The Coalition Agreement had necessarily to be put together in haste with the input of the four negotiators (chosen by the Leader) and Nick plus his team. I suppose that the Party President had some input also.
That team was not representative of the Party as it is constituted either in the Policy Committee or in Conference.
75% of that agreement was unexceptionable to most Liberal Democrats and would have passed through Conference, but the most important parts including the acceleration of action on deficit reduction would not have, nor would the wording in agreement relating to the receipt of the Brown Report.
Most ‘mistakes’ this year for which the Party has been rightly punished, followed from the ideology and policies held by this leadership coterie. Its policy and tactical decisions have been inept. It has led to the destruction of the Leader’s reputation on his previously strongest suit: trust.
No politician ever comes back when that is lost, and Astle’s blog in the Telegraph as ever reveals Leadership thinking. This feeble attempt to shore up its position and discredit a colleague shows just how worried the Clegg coterie is. Nor will Tavish Scott’s decision have eased its concerns for itself.
This is therefore a key moment for the Parliamentary Party, the Policy Committee and the Conference to grasp back their rightful and constitutional influence usurped by the present leadership.
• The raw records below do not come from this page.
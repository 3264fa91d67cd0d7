//! Laws of the parts of shards in ranges of hashes.

ghost use Rattle.std.specs.Prelude.{◌≡◌, Bool, List, ◌++◌, flat_map, Contains, Option, None};
ghost use Rattle.std.specs.FinMap.{values};
ghost use Rattle.std.specs.List.{AllZip};
ghost use Rattle.xet_base.specs.declared.merklehash.DataHash.{DataHash};
ghost use Rattle.xet_records.specs.declared.file_structs.MDBFileInfo.{MDBFileInfo};
ghost use Rattle.xet_records.specs.declared.xorb_structs.MDBXorbInfo.{MDBXorbInfo};
ghost use Rattle.xet_records.specs.FileRecord.{file_records};
ghost use Rattle.xet_records.specs.XorbRecord.{xorb_records};
ghost use Rattle.xet_shards.specs.Content.Joins.{IsJoinOf};
ghost use Rattle.xet_shards.specs.Content.SetOperations.{ShardsAgree};
ghost use Rattle.xet_shards.specs.Content.Shard.{Shard};
ghost use Rattle.xet_shards.specs.Write.Layout.{layout_of};
ghost use Rattle.xet_core_structures.specs.Records.ByteUnion.{IsEitherFile, IsEitherXorb};
ghost use Rattle.xet_core_structures.specs.Records.RecordPairs.{Combines, AreApart};
ghost use Rattle.xet_core_structures.specs.TwoShards.ByteResults.{keyed_layout, keyed_options};
ghost use Rattle.placed_shards.specs.declared.range.HashRange.{HashRange};
ghost use Rattle.placed_shards.specs.MergedLists.{IsPartOf};
ghost use Rattle.placed_shards.specs.Parts.{HasRecordsInOrder};
ghost use Rattle.placed_shards.specs.Ranges.{is_within, ranges_between, AreCuts};

/// Law: of lists that are cut at one hash, the unions of the records before it and of the others
/// are in turn the union of the lists, agreeing or not.
pub fn unions_of_ranges_follow_one_another()
    ensures files { (k : DataHash) → (xs ys zs us vs ws : List MDBFileInfo)
        → AreApart file_records xs ys zs us vs ws k
        → Combines file_records IsEitherFile xs ys zs → Combines file_records IsEitherFile us vs ws
        → Combines file_records IsEitherFile (xs ++ us) (ys ++ vs) (zs ++ ws) }
    ensures xorbs { (k : DataHash) → (xs ys zs us vs ws : List MDBXorbInfo)
        → AreApart xorb_records xs ys zs us vs ws k
        → Combines xorb_records IsEitherXorb xs ys zs → Combines xorb_records IsEitherXorb us vs ws
        → Combines xorb_records IsEitherXorb (xs ++ us) (ys ++ vs) (zs ++ ws) }
{}

/// Law: if shards agree, so do their parts whose hashes pass a test, such as being in a range
/// (`agree`). The join of parts is that part of the join (`join`).
pub fn joins_pass_to_parts()
    ensures join { (passes : DataHash → Bool) → (shards parts : List Shard) → (join part : Shard)
        → AllZip (IsPartOf passes) shards parts → IsPartOf passes join part
        → IsJoinOf (Contains shards) join → IsJoinOf (Contains parts) part }
    ensures agree { (passes : DataHash → Bool) → (a b c d : Shard) → IsPartOf passes a c
        → IsPartOf passes b d → ShardsAgree a b → ShardsAgree c d }
{}

/// Law: a shard has one part in each range (`exist`, `one`). Parts in adjacent ranges are its
/// records between the outer bounds, once and in order (`range`), without bounds all (`all`). Its
/// layout is that of these in turn (`bytes`).
pub fn ranges_have_all_records()
    ensures exist { (range : HashRange) → (all : Shard)
        → (part : Shard) × IsPartOf (is_within range) all part }
    ensures one { (range : HashRange) → (all part other : Shard)
        → IsPartOf (is_within range) all part → IsPartOf (is_within range) all other → part ≡ other }
    ensures range { (from : Option DataHash) → (cuts : List DataHash) → (to : Option DataHash)
        → (all whole : Shard) → (parts : List Shard) → AreCuts from cuts to
        → IsPartOf (is_within (record { from = from; to = to })) all whole
        → AllZip (λ range part. IsPartOf (is_within range) all part) (ranges_between from cuts to)
        parts → HasRecordsInOrder parts whole }
    ensures all { (cuts : List DataHash) → (all : Shard) → (parts : List Shard)
        → AreCuts None cuts None
        → AllZip (λ range part. IsPartOf (is_within range) all part) (ranges_between None cuts None)
        parts → HasRecordsInOrder parts all }
    ensures bytes { (key : DataHash) → (parts : List Shard) → (whole : Shard) → HasRecordsInOrder parts whole
        → keyed_layout whole key ≡ layout_of (flat_map (λ s. values s.files) parts)
        (flat_map (λ s. values s.xorbs) parts) (keyed_options key) }
{}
We should begin by demanding that the production of Agreement 2 starts with the proper contribution of our ministers, our Parliamentary Party, Our Policy Committee and the September Conference.
Agreement 2 is not so urgent that it should be conducted in secret by Alexander working with the Conservatives before it has been considered by the Policy Committee and passed through Conference.
Taking time and allowing the Party to contribute to our opening stance would be good for policy formation, good for negotiation tactics and good for the country at a time when Government action in Year One, as directed by Agreement 1, is so obviously failing to bring economic recovery.
” a second parliament as a junior partner in a coalition”?111
No, no: a thousand times NO.
But also highly unlikely. I cannot see any probability of there being sufficient LibDems in the next parliament to make it a viable proposition.
There is a small possibility of being the junior partner in a coalition after the next general election. It might be even worse for the party to join, but as Julian Astle says there might be a long term benefit by making coalition governments more acceptable.
There really can’t be an Agreement 2, however we need to stick to Agreement 1 and if it isn’t in it then Conference should have the final say in what we agree to do in government, after all Conference did agree to the Agreement. There is the problem of a plan B and how this can be agreed as it could be seen as being against the coalition Agreement.
The issue of trust needs to be addressed and a change of leader might not really address it. Maybe it can only be addressed after the next General Election.
Oh well it looks like you will have to look somewhere else for your next leader or leaders – though if thinks carry on as they are there will be precious little to lead. As to those who don’t want to be a junior partner in a coalition could I suggest a reality pill or two – because I don’t think the option of being a senior partner is going to be available for a rather long time. In the meantime perhaps a little though should be given to the rather large ideological split within the LibDems – which I’m afraid is more than obvious to anyone who knows more than a few LibDems. Some of us still have a lot of respect for the Liberal Party of Keynes and Beveridge.